Pull every line with "LONG" from the data.

Saved data entries:
───

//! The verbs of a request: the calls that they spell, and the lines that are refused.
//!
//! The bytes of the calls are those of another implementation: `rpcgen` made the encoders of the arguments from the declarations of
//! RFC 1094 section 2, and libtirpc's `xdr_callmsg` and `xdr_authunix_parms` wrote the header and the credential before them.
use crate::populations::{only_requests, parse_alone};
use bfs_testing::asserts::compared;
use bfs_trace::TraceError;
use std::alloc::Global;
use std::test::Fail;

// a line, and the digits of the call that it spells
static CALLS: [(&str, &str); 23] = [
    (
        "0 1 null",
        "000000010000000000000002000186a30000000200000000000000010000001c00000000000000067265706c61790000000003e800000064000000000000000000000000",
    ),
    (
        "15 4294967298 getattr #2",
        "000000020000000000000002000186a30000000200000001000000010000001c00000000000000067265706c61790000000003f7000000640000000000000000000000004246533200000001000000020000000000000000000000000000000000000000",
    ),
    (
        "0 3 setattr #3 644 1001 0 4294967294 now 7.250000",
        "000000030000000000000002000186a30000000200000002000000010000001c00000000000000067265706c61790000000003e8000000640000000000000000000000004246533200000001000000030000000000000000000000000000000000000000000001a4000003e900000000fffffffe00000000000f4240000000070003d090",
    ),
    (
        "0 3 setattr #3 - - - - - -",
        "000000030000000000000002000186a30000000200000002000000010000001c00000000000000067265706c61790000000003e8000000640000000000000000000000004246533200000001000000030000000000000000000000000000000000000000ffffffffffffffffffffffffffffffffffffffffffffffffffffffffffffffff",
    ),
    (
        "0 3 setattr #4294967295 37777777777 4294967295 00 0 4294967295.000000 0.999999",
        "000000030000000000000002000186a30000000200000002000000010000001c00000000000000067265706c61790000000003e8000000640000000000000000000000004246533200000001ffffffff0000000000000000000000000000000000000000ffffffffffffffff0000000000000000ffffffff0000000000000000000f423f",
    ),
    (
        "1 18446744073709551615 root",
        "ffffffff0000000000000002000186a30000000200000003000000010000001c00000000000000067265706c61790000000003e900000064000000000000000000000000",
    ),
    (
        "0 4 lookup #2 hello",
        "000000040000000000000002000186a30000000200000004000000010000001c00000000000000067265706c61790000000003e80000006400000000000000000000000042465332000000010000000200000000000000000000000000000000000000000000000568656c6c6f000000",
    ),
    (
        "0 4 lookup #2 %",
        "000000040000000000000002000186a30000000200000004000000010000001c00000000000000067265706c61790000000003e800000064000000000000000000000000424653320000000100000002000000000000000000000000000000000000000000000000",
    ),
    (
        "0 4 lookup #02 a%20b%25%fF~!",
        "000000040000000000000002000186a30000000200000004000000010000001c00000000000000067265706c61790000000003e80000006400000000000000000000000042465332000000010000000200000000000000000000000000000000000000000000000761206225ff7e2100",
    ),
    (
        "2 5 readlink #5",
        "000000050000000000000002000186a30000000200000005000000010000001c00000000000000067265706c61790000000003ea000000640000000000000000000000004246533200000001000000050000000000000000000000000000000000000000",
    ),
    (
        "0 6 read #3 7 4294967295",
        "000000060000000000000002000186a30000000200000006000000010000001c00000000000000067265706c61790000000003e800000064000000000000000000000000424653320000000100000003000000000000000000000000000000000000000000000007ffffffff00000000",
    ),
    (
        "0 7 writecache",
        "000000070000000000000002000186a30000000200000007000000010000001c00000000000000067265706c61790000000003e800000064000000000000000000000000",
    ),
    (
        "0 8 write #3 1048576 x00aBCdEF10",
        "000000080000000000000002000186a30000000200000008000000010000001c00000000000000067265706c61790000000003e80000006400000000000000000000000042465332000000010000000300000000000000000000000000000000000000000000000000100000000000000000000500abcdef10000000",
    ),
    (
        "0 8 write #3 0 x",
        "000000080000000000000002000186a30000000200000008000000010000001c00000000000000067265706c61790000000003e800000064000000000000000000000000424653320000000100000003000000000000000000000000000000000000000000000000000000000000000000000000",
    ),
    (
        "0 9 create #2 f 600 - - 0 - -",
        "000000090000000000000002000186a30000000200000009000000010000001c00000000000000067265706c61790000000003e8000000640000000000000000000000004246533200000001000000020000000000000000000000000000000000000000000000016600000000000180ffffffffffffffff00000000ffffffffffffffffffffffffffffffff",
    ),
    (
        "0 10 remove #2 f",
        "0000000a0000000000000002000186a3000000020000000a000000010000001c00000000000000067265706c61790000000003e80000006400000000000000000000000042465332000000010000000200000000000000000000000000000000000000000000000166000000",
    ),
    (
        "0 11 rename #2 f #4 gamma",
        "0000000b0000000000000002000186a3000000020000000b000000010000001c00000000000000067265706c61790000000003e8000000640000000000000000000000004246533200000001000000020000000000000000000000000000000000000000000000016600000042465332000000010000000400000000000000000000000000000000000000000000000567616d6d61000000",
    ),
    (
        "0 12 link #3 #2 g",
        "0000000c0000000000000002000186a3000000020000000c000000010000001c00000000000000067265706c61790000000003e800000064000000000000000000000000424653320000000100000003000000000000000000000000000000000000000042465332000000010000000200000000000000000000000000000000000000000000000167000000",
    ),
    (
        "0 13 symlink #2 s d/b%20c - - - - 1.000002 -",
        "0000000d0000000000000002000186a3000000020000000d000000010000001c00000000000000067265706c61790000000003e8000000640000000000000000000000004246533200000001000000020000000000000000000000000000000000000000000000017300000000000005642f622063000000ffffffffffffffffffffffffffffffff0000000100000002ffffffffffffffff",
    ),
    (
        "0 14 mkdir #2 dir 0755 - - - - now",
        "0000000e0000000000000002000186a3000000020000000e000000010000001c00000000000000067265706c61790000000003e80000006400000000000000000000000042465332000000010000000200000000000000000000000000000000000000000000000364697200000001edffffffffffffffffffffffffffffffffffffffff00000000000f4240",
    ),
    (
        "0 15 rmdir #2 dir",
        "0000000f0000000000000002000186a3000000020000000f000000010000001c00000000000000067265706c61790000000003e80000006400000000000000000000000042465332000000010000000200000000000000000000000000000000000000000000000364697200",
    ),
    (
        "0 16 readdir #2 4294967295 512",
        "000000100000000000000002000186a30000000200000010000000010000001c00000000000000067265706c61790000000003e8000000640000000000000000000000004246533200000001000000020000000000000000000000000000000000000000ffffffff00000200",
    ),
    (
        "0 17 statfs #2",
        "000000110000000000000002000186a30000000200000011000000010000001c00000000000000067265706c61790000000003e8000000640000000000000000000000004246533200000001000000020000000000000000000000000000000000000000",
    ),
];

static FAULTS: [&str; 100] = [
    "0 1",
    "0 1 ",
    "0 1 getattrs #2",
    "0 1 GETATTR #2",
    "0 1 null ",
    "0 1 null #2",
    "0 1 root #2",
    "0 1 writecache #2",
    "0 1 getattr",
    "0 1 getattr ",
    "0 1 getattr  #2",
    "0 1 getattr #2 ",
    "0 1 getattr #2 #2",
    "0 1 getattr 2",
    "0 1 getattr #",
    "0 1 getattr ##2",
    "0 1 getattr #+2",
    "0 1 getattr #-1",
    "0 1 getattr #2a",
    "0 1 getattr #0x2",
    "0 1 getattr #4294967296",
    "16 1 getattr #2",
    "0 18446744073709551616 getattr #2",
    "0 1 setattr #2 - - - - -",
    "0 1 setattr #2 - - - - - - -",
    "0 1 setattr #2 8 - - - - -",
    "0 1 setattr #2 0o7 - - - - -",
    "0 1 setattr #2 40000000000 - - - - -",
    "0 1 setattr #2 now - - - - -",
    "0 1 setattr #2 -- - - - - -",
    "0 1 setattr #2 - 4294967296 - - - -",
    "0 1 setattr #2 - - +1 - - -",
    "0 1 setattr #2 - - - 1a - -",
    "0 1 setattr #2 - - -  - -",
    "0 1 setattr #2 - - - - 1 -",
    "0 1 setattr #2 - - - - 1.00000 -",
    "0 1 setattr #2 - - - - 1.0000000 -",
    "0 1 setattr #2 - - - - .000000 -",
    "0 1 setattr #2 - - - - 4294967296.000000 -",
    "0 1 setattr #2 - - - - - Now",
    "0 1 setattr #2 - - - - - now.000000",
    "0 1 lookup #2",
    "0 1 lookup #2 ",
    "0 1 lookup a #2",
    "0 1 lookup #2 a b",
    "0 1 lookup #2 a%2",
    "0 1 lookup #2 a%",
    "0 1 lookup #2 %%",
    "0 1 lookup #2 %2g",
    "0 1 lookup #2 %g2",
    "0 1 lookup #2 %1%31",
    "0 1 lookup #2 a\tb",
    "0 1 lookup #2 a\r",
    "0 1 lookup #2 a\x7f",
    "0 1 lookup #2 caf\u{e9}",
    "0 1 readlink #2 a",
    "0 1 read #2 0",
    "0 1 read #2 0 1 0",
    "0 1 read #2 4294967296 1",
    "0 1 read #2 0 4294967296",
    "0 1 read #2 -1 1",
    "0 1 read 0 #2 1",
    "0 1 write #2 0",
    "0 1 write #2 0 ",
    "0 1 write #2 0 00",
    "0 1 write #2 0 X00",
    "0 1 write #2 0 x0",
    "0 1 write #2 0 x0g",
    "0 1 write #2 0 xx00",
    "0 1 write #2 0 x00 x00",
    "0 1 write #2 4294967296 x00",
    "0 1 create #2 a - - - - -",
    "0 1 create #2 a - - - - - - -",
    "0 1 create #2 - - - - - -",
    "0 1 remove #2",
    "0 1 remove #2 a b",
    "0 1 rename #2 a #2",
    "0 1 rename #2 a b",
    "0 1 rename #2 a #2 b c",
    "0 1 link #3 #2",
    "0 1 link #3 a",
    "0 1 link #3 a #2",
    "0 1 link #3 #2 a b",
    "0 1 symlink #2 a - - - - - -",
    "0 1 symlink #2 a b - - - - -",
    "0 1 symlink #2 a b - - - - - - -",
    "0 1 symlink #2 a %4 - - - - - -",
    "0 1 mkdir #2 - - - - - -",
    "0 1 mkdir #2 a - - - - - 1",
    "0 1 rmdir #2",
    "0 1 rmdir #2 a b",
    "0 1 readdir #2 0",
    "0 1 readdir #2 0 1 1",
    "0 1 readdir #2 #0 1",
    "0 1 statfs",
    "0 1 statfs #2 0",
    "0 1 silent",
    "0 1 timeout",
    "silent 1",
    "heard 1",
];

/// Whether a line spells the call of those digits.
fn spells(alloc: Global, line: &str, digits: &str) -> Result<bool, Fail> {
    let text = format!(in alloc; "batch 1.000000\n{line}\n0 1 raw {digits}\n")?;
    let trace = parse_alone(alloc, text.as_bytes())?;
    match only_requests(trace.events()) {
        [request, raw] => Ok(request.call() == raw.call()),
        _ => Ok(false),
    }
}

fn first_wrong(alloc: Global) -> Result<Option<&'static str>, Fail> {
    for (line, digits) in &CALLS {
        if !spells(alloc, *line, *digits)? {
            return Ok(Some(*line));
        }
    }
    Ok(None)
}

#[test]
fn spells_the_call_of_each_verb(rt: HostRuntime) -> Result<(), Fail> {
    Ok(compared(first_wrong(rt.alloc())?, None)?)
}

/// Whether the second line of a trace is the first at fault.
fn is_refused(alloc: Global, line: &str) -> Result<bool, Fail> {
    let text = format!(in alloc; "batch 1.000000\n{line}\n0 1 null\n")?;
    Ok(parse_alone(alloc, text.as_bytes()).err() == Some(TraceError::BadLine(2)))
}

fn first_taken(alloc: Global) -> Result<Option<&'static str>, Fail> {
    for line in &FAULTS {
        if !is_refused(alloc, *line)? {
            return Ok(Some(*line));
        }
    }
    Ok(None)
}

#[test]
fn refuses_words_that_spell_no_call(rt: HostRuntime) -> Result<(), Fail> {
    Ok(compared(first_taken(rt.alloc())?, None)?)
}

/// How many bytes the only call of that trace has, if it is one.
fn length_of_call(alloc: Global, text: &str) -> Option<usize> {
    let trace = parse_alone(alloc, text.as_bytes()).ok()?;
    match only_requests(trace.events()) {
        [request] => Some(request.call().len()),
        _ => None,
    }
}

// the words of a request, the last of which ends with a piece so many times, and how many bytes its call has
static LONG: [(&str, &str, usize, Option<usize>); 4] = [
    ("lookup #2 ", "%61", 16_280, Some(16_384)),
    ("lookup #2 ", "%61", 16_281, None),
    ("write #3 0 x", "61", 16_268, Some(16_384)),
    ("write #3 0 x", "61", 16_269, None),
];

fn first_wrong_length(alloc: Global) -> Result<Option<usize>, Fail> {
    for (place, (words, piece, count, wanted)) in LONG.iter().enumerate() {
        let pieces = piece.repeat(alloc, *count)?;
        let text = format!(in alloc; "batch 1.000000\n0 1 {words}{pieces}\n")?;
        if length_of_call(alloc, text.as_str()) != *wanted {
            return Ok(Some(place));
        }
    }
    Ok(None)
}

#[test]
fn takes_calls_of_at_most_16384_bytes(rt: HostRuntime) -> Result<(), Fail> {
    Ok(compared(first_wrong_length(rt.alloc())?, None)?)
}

───

Answer to this task:
static LONG: [(&str, &str, usize, Option<usize>); 4] = [
    for (place, (words, piece, count, wanted)) in LONG.iter().enumerate() {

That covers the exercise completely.